Monday, December 16, 2024

The Lone Ranger

I was 5 1/2 when we moved from our apartment in Stamford to a house in Norwalk CT in the fall of 1956. One of the things I remember from my time in that apartment was watching two Westerns on TV (along with the Disney Davy Crockett series); Hopalong Cassidy and The Lone Ranger, the latter with its stirring opening and closing theme from the William Tell Overture.  Although I remembered The Lone Ranger, there was only one show I specifically recalled in detail - the origin story of the character.  I recently came across that show and it turns out it was the first episode of the first season.  I must have seen it as a rerun because the show began in 1949 and ran through 1957.

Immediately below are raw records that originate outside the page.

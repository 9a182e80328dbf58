// The word of a line.
ghost use Rattle.std.specs.Prelude.{◌≡◌};
ghost use Rattle.std.specs.List.{list_any};
ghost use Rattle.cook_report.specs.Report.{says_mate, says_unknown};
ghost use Rattle.cook_line.specs.Stages.{is_cooked, is_open, lacks_mate, tells_other, word_along};

use crate::Stage;
use board_core::Move;
use cook_report::{Line, Word};

fn says_mate(line: &Line) -> bool
    ensures { result ≡ says_mate line.now }
{
    match line {
        Line::Mate(_, _) => true,
        Line::Escape(_, _, _) | Line::Unknown(_, _, _) => false,
    }
}

fn says_unknown(line: &Line) -> bool
    ensures { result ≡ says_unknown line.now }
{
    match line {
        Line::Unknown(_, _, _) => true,
        Line::Mate(_, _) | Line::Escape(_, _, _) => false,
    }
}

// Whether a report's line says that another check than this one mates.
fn tells_other(check: Move, line: &Line) -> bool
    ensures { result ≡ tells_other check line.now }
{
    says_mate(line) && !line.check().is_same(check)
}

fn has_other_mate(check: Move, lines: &[Line]) -> bool
    ensures { result ≡ list_any (tells_other check) lines.now }
{
    lines.iter().any(|line| tells_other(check, line))
}

fn has_mate(lines: &[Line]) -> bool
    ensures { result ≡ list_any says_mate lines.now }
{
    lines.iter().any(|line| says_mate(line))
}

fn has_unknown_check(lines: &[Line]) -> bool
    ensures { result ≡ list_any says_unknown lines.now }
{
    lines.iter().any(|line| says_unknown(line))
}

fn is_cooked(stage: &Stage) -> bool
    ensures { result ≡ is_cooked stage.now }
{
    stage.evaded && has_other_mate(stage.check, stage.report.lines())
}

fn is_open(stage: &Stage) -> bool
    ensures { result ≡ is_open stage.now }
{
    has_unknown_check(stage.report.lines())
}

fn lacks_mate(stage: &Stage) -> bool
    ensures { result ≡ lacks_mate stage.now }
{
    stage.evaded && !has_mate(stage.report.lines())
}

fn has_cooked(stages: &[Stage]) -> bool
    ensures { result ≡ list_any is_cooked stages.now }
{
    stages.iter().any(|stage| is_cooked(stage))
}

fn has_lacking(stages: &[Stage]) -> bool
    ensures { result ≡ list_any lacks_mate stages.now }
{
    stages.iter().any(|stage| lacks_mate(stage))
}

/// Whether it is unknown of a check at one of these stages whether it mates. Takes no memory.
pub fn has_unknown(stages: &[Stage]) -> bool
    ensures { result ≡ list_any is_open stages.now }
{
    stages.iter().any(|stage| is_open(stage))
}

/// The word of a line with these stages: cooked where at one whose check has an evasion another
/// check mates, else open where of a check at one it is unknown whether it mates, else no mate
/// where at one whose check has an evasion no check mates, else sound. Takes no memory.
///
/// (Where a line ends in mate, its last check has no evasion: that a mate can be given in more ways
/// than one at the very end is no cook by the composers' convention.)
pub fn line_word(stages: &[Stage]) -> Word
    ensures { result ≡ word_along stages.now }
{
    if has_cooked(stages) {
        return Word::Cooked;
    }
    if has_unknown(stages) {
        return Word::Open;
    }
    if has_lacking(stages) {
        return Word::NoMate;
    }
    Word::Sound
}
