// Texts as lines of moves.
ghost use Rattle.std.specs.Prelude.{◌≡◌, ◌<◌, ◌∷◌, IfOk, IfErr, IfSome, IfNone, length, position};
ghost use Rattle.board_core.specs.declared.moves.Move.{Move};
ghost use Rattle.sfen_text.specs.Bytes.{is_space};
ghost use Rattle.shogi_rules.specs.Rules.{IsQuiet};
ghost use Rattle.cook_line.specs.Moves.{IsMoveOn, SaysLine, IsLineEnd, parts_of};
ghost use Rattle.cook_line.specs.Inside.{parts_in};

use crate::LineEnd;
use board_core::{Move, Position};
use shogi_rules::{Problem, apply, is_check, is_evasion};
use std::alloc::Global;
use usi_text::{move_laws, read_move};

// The check or evasion whose text a part is.
fn move_on(problem: &Problem, position: &Position, part: &[u8]) -> Option<Move>
    requires { IsQuiet position.now }
    ensures found { IfSome result
        (IsMoveOn problem.now.position.side position.now part.now) }
    ensures none { IfNone result ((by : Move)
        → ¬ IsMoveOn problem.now.position.side position.now part.now by) }
{
    // No other move has this text.
    move_laws();
    let by = read_move(part)?;
    if is_check(problem, position, by) {
        return Some(by);
    }
    if is_evasion(problem, position, by) {
        return Some(by);
    }
    None
}

fn first_space(text: &[u8]) -> Option<usize>
    ensures { result ≡ position is_space text.now }
{
    text.iter().position(|byte| *byte == b' ')
}

// The first part of a text, and what stands behind the space that ends it, where one does.
fn cut(text: &[u8]) -> (&[u8], Option<&[u8]>)
    ensures parts { parts_of text.now ≡ result.0.now ∷ parts_in result.1 }
    ensures shorter { IfSome result.1 (λ behind. length behind.now < length text.now) }
{
    match first_space(text) {
        Some(at) => (&text[..at], Some(&text[at + 1..])),
        None => (text, None),
    }
}

/// The line of moves from the problem that a text says: the attacker's checks and the defender's
/// evasions in turn, by their texts (USI protocol: moves), with a single space between two. Errors:
/// the first part that is none, or want of memory. The text without a byte has one part, which is
/// none.
pub fn read_line(alloc: Global, problem: &Problem, text: &[u8]) -> Result<Vec<Move>, LineEnd>
    ensures line { IfOk result (λ moves. SaysLine problem.now.position text.now moves.items) }
    ensures end { IfErr result (IsLineEnd problem.now.position text.now) }
{
    let mut position = problem.position;
    let mut moves = Vec::new(alloc);
    let mut rest = Some(text);
    while let Some(left) = rest {
        let (part, behind) = cut(left);
        let Some(by) = move_on(problem, &position, part) else {
            return Err(LineEnd::BadMove(moves.len() + 1));
        };
        moves.push(by)?;
        position = apply(&position, by);
        rest = behind;
    }
    Ok(moves)
}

Watching that first episode for the first time in more than 65 years I realized why it made such a big impression on me.  We learn in that first episode that John Reid, about to become The Lone Ranger, vows never shoot to kill, only to wound, believing that justice belongs to the legal system.  Yet that first show is very violent though, in keeping with the times, not graphically so.

Reid, along with five other Texas Rangers, including his brother, are in pursuit of a gang of outlaws.  They ride into a box canyon and are ambushed.  Reid is badly wounded and the other Rangers killed. This is the scene I remembered all these years and I think it was the unusual level of violence that made it stay in my mind.  Reid's life is saved when the Indian Tonto rides into the canyon while hunting, finds the wounded Ranger and helps nurse him to recovery.  We also find out that years earlier, Reid had saved Tonto after his family was killed by raiders from another tribe.  The outlaws believe Reid dead, and Reid decides it is better for them to continue to believe it, and adopts his new identity as The Lone Ranger.

Clayton Moore plays The Lone Ranger and Jay Silverheels is Tonto.   Silverheels was a Mohawk and an outstanding athlete before making his film debut in 1938.  Silverheels appeared in all 217 episodes of The Lone Ranger, while Moore missed one season because of a contract dispute.

1 comment:

  1. I do remember hearing the radio version when I was a wee lad before we had a tv. I was six when the radio series stopped in 1954. Remember going the Saturday afternoon matinees for the movies.